Following are some examples:
(i) A disease causing microbial population when opens a lesion on the host surface, if creates an entry- passage for other microbial population that otherwise could not enter and grow in the host tissues. For convenience, Mycobacterium leprae, the causative agent of leprosy, opens lesions on the body- surface and thus allows other pathogens to establish secondary infections.
(ii) When facultative anaerobes utilize oxygen and lower the oxygen content, they create anaerobic habitat which suits the growth of obligate anaerobes because the latter benefit from the metabolic activities of the facultative anaerobes in such a habitat.

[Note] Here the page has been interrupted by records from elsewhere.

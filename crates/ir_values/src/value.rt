//! Values of operands.
ghost use Rattle.std.proofs.Common.{rules};
ghost use Rattle.ir_values.specs.Equal.{equal_decides};

use crate::data::{Copies, Exact};
use crate::ids::{FuncId, GlobalId};
use crate::int::Int;
use crate::memory::Memory;
use crate::token::Token;
use std::alloc::Global;

/// A value of an operand.
#[derive(Debug, Drop, PartialEq, Eq, Hash)]
pub enum Value {
    Int(Int),
    Double(Token),
    /// A qubit or result by its fixed number, as the module writes it.
    Id(u64),
    /// A qubit that the run allocated, by the number of its allocation from 0.
    Alloc(u64),
    /// A result that a measurement returned, by its number from 0.
    Measured(u64),
    /// The constant result one.
    One,
    /// The constant result zero.
    Zero,
    /// The address of a constant's bytes.
    Label(GlobalId),
    /// The null label.
    NoLabel,
    Func(FuncId),
}

impl Copies for Value {
    fn copy(&self, alloc: Global) -> Result<Value, Memory> {
        Ok(match self {
            Value::Int(i) => Value::Int(*i),
            Value::Double(token) => Value::Double(token.copy(alloc)?),
            Value::Id(n) => Value::Id(*n),
            Value::Alloc(n) => Value::Alloc(*n),
            Value::Measured(n) => Value::Measured(*n),
            Value::One => Value::One,
            Value::Zero => Value::Zero,
            Value::Label(g) => Value::Label(*g),
            Value::NoLabel => Value::NoLabel,
            Value::Func(f) => Value::Func(*f),
        })
    }
}

impl Exact for Value {
    ghost exact = { Prim.search (rules, equal_decides) };
}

On the contrary, the facultative anaerobes remain unaffected. The occurrence of obligate anaerobes within habitats of predominantly aerobic character, such as the oral cavity, is dependent on such commensal relationship.
(iii) Population of Mycobacterium vaccae, while growing on propane cometabolizes (gratuitously oxidizes) cyclohexane to cyclohexanone which is then used by other bacterial population, e.g., Pseudomonas (Fig. 33.11). The latter population is thus benefited since it is unable to oxidise cyclohexane to cyclohexanone. Mycobacterium remains unaffected since it does not assimilate the cyclohexanone.
(iv) Some microbial populations create commensalistic habitat by detoxifying compounds by immobilization. Leptothrix bacteria deposite manganese on their surface. In this way, they reduce manganese concentration in the habitat thus permitting the growth of other microbial populations. If Leptothrix do not act so, the manganese concentration would be toxic to other microbial populations.